BRIEF:
In the data that follows, every line containing the word "them" should be returned.

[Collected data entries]
━━━

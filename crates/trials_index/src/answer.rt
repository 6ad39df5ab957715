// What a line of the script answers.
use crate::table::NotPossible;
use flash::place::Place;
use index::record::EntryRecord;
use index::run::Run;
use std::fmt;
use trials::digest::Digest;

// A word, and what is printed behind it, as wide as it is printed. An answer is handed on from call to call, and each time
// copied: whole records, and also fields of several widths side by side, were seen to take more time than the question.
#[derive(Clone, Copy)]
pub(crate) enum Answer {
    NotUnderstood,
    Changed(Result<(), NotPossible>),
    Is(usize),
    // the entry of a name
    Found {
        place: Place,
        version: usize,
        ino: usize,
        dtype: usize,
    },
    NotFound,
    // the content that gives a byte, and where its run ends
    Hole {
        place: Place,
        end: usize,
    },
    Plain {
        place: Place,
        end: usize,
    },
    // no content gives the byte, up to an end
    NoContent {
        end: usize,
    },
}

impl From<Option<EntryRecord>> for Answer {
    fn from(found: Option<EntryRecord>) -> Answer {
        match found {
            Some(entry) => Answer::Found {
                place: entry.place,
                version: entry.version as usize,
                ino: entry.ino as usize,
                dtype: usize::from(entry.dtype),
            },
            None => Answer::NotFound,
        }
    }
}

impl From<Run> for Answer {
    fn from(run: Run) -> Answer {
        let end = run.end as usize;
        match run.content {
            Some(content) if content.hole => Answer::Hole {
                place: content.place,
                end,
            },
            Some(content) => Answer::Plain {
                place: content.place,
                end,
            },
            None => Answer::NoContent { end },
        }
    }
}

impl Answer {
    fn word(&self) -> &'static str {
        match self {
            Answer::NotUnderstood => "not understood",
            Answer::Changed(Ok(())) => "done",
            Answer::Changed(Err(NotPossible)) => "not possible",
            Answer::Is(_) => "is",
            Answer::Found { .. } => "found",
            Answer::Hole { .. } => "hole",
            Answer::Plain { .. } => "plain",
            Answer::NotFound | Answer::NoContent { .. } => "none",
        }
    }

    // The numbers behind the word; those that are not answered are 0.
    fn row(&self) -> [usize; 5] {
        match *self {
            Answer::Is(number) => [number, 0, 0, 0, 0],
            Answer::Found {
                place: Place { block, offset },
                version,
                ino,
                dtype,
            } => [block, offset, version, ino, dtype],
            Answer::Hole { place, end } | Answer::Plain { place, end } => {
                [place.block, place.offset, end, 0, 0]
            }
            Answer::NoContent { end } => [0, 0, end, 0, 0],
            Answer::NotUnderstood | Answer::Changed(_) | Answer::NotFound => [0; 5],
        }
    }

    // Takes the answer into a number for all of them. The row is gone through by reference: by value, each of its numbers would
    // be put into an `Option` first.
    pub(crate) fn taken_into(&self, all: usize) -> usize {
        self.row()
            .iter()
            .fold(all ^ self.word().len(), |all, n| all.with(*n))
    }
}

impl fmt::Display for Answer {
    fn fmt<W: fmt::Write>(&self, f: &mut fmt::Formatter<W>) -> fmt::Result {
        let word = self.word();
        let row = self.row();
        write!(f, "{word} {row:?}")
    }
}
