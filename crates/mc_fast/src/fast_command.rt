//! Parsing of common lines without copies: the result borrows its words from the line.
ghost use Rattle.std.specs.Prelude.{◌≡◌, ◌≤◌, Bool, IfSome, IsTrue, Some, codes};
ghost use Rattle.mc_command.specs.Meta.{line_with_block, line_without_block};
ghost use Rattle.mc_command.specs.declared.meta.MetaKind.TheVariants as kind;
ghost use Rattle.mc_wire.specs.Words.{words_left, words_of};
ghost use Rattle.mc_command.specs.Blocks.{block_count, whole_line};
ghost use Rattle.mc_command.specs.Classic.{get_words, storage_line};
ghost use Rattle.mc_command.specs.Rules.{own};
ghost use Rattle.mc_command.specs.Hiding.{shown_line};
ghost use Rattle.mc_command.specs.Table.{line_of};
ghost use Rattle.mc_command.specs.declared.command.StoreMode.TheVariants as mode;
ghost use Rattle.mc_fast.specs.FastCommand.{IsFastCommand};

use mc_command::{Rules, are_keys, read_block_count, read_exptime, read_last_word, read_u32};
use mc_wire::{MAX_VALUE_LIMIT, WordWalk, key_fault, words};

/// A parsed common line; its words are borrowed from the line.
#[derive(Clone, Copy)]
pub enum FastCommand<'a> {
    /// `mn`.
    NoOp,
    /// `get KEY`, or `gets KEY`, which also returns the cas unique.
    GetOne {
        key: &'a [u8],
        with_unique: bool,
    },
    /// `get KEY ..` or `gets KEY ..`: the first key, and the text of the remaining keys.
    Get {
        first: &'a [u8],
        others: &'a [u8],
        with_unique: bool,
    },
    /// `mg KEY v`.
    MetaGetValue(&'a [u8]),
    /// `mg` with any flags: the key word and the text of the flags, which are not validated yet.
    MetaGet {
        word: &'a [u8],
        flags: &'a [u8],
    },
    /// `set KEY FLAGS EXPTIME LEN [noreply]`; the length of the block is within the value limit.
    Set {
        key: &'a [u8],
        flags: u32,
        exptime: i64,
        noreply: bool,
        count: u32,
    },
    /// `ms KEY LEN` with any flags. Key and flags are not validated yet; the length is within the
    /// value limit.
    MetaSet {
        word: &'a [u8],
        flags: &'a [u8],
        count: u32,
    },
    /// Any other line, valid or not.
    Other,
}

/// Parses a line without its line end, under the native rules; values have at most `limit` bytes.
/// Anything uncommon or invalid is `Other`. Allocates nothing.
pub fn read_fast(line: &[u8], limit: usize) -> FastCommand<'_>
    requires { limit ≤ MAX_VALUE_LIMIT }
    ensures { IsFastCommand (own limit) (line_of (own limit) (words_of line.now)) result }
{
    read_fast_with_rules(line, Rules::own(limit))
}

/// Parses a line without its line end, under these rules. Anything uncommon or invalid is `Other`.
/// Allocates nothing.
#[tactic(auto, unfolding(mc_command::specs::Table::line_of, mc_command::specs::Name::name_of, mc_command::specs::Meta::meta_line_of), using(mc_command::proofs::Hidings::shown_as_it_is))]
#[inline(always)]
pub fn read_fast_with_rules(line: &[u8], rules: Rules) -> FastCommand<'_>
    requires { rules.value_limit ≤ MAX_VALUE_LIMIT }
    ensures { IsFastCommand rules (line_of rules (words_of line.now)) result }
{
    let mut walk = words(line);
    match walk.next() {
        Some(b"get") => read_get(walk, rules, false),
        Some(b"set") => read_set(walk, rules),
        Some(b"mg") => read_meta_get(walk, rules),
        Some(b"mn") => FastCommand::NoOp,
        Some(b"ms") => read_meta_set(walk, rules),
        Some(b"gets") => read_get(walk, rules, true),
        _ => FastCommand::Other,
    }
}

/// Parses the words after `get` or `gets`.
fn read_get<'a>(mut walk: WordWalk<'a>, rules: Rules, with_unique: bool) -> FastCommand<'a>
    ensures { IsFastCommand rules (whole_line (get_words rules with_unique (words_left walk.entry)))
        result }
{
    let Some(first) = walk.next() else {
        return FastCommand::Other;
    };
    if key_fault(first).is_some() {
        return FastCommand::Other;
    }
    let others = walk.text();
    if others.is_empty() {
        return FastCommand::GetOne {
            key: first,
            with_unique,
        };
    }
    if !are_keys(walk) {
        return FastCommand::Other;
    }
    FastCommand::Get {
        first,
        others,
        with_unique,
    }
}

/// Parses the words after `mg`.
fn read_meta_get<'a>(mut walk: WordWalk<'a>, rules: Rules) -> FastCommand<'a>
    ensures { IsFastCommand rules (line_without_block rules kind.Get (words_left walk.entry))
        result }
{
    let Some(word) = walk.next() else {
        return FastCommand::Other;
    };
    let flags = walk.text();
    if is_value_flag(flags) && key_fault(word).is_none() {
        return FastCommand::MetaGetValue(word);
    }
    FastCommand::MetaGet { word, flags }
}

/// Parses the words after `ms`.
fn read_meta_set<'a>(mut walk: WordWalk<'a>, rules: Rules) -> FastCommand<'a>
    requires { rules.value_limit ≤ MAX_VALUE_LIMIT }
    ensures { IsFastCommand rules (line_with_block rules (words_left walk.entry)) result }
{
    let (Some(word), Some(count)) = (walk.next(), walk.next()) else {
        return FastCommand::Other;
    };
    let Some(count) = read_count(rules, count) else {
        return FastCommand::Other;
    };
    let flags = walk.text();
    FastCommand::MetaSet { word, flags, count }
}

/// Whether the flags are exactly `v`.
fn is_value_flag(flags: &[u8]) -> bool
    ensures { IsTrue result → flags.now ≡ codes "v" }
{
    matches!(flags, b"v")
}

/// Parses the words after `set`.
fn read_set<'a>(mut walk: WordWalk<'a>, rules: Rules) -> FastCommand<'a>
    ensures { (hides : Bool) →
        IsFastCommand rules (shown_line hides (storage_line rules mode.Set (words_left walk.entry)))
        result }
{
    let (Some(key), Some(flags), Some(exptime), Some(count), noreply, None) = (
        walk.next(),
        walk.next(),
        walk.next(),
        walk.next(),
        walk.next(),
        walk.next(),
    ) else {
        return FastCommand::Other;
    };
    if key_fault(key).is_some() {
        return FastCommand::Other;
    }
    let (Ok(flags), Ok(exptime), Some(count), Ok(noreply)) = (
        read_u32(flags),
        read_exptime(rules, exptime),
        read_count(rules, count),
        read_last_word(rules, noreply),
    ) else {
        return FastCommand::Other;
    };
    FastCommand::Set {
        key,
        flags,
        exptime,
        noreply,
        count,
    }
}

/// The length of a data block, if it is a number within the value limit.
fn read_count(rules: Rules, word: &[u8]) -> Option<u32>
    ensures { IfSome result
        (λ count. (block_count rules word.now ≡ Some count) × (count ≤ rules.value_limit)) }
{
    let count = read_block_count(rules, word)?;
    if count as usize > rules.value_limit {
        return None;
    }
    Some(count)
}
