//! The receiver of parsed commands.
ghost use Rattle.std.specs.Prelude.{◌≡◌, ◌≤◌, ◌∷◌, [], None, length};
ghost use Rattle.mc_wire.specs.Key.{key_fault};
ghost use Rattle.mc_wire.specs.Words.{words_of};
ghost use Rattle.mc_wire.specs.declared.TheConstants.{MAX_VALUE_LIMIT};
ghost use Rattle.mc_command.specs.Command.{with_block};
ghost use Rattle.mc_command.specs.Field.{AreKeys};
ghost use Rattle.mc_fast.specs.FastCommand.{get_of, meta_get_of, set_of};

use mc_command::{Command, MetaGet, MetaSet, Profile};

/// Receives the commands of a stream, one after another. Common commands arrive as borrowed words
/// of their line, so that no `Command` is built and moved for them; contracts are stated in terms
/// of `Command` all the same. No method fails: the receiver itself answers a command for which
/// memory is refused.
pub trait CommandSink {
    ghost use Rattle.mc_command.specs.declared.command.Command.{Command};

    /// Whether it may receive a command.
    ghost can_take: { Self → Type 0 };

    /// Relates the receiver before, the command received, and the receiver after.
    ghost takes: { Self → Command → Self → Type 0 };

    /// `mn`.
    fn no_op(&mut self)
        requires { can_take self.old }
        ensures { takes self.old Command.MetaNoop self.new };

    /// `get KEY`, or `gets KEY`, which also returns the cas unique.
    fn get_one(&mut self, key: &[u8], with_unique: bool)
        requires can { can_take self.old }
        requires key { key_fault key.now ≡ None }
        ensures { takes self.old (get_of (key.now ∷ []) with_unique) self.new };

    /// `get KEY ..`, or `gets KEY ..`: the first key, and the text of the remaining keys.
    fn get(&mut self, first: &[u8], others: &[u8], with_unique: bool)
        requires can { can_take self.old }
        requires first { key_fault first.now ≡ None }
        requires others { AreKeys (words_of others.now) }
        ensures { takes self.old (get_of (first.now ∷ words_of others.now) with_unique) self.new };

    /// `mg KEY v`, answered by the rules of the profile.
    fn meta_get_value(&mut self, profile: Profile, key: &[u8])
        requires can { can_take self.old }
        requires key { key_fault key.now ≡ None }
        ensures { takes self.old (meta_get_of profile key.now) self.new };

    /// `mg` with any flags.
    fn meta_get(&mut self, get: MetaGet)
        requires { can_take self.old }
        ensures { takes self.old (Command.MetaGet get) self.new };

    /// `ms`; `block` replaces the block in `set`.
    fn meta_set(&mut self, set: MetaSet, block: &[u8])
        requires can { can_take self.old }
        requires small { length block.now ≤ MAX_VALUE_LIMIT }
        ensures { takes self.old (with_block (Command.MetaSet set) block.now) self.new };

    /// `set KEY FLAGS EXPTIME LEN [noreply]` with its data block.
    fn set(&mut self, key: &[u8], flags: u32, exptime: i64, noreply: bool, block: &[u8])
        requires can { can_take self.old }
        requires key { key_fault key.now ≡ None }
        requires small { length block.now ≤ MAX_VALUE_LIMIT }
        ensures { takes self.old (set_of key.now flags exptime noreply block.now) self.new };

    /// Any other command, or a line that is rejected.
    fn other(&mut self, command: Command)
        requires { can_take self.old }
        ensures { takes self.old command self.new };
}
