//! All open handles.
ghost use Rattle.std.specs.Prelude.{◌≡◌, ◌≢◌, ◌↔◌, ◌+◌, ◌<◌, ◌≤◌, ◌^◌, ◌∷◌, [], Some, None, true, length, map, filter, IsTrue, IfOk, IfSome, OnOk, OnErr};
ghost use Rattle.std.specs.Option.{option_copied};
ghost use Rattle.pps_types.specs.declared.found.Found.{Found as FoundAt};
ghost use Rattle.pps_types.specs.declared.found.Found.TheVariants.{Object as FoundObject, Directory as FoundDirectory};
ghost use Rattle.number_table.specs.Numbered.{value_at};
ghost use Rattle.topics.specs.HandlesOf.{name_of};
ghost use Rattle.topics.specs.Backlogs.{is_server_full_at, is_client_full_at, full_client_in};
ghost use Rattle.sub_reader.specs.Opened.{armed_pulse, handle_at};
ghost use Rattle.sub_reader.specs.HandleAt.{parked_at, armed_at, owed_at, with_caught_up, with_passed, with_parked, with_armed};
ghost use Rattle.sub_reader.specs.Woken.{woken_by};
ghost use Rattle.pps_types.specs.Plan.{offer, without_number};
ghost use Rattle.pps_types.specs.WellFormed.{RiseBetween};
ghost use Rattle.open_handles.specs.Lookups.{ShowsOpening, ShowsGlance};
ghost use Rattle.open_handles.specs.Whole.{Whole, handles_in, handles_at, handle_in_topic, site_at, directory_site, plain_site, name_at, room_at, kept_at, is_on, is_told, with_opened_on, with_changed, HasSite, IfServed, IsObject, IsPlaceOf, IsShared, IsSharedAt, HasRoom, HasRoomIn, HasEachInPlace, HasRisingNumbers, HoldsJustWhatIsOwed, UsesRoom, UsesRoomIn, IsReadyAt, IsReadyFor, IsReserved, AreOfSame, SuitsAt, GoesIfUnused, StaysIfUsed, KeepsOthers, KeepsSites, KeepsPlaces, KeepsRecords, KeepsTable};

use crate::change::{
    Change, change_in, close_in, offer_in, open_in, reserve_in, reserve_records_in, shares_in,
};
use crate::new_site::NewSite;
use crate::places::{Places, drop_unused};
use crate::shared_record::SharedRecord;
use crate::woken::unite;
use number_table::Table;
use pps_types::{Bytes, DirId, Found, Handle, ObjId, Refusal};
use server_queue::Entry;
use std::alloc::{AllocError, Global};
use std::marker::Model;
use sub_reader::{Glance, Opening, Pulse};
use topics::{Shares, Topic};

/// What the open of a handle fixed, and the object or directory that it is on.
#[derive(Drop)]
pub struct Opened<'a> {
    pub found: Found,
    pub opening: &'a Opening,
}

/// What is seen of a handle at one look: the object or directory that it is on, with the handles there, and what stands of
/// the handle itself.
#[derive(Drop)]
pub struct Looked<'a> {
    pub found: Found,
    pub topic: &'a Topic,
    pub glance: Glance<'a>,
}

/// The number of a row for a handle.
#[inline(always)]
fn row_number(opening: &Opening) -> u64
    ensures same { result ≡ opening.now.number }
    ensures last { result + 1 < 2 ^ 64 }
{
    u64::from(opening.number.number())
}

━━━

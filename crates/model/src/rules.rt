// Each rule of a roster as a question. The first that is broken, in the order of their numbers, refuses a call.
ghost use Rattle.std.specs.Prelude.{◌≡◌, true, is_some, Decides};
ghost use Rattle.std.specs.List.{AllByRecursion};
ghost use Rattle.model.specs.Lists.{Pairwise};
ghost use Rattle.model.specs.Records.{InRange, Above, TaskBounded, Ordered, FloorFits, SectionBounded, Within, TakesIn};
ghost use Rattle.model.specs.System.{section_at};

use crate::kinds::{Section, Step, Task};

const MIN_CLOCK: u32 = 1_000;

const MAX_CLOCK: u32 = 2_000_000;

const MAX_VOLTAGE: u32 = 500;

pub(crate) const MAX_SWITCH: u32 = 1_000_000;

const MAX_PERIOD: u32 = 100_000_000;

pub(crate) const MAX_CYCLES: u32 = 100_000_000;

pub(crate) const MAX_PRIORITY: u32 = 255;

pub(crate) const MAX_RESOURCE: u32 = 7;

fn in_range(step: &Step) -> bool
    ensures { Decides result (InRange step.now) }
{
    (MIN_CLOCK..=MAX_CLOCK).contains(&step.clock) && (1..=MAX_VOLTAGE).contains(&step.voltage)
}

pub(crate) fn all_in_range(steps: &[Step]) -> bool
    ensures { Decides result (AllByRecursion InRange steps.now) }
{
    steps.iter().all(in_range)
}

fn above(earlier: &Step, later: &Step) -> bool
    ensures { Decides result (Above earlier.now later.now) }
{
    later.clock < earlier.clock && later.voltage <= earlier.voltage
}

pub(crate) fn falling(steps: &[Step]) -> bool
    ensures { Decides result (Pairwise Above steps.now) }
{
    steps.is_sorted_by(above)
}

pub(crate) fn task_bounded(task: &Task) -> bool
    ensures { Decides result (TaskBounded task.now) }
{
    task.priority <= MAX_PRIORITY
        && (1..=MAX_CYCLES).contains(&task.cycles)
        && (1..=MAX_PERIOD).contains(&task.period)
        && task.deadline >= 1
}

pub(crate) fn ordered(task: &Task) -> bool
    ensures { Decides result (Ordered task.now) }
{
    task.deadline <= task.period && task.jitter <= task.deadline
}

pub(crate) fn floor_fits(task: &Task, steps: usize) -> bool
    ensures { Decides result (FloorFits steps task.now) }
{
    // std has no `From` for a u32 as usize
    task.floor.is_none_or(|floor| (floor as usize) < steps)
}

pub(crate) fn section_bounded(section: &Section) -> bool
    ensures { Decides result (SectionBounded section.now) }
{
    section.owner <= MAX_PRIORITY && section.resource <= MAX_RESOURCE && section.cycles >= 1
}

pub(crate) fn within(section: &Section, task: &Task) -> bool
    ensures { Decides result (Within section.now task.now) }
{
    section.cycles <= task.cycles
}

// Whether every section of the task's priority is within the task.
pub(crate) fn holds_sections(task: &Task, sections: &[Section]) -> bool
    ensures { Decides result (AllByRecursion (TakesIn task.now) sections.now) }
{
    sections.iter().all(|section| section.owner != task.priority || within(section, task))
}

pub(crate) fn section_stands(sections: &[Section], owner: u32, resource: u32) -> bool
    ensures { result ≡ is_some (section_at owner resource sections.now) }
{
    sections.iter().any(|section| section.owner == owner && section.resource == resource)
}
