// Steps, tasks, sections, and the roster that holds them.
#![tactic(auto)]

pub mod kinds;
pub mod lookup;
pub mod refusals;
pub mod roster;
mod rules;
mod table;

━━━

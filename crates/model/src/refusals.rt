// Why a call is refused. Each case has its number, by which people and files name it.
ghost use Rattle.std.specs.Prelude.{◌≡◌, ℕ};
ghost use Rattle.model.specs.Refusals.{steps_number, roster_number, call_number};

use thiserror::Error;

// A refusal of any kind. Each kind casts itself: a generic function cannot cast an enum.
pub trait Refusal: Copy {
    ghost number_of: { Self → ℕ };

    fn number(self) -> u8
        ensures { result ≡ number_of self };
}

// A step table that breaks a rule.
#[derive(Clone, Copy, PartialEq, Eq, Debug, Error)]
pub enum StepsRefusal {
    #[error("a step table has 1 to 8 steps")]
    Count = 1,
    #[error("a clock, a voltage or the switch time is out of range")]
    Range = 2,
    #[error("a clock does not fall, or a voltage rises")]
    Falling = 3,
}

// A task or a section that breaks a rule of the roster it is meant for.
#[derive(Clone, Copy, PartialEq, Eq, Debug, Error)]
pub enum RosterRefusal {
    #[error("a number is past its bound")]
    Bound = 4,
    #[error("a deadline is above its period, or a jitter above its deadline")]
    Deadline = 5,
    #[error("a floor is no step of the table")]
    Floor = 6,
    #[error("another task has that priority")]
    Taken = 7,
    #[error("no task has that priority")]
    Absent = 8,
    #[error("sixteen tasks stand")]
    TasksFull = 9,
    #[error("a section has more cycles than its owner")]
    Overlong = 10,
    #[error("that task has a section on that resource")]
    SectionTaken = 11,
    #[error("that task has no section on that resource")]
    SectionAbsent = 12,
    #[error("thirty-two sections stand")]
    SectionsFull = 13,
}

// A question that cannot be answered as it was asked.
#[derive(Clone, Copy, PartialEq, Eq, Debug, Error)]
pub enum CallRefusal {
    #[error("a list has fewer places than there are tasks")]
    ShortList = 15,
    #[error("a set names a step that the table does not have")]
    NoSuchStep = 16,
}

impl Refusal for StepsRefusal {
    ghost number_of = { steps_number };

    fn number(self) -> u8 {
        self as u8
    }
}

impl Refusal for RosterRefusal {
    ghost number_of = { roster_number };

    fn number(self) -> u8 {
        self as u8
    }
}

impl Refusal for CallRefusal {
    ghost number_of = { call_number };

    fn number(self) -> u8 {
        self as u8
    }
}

━━━

EXPECTED ANSWER:
    // Takes the answer into a number for all of them. The row is gone through by reference: by value, each of its numbers would
/// of their line, so that no `Command` is built and moved for them; contracts are stated in terms
// Steps, tasks, sections, and the roster that holds them.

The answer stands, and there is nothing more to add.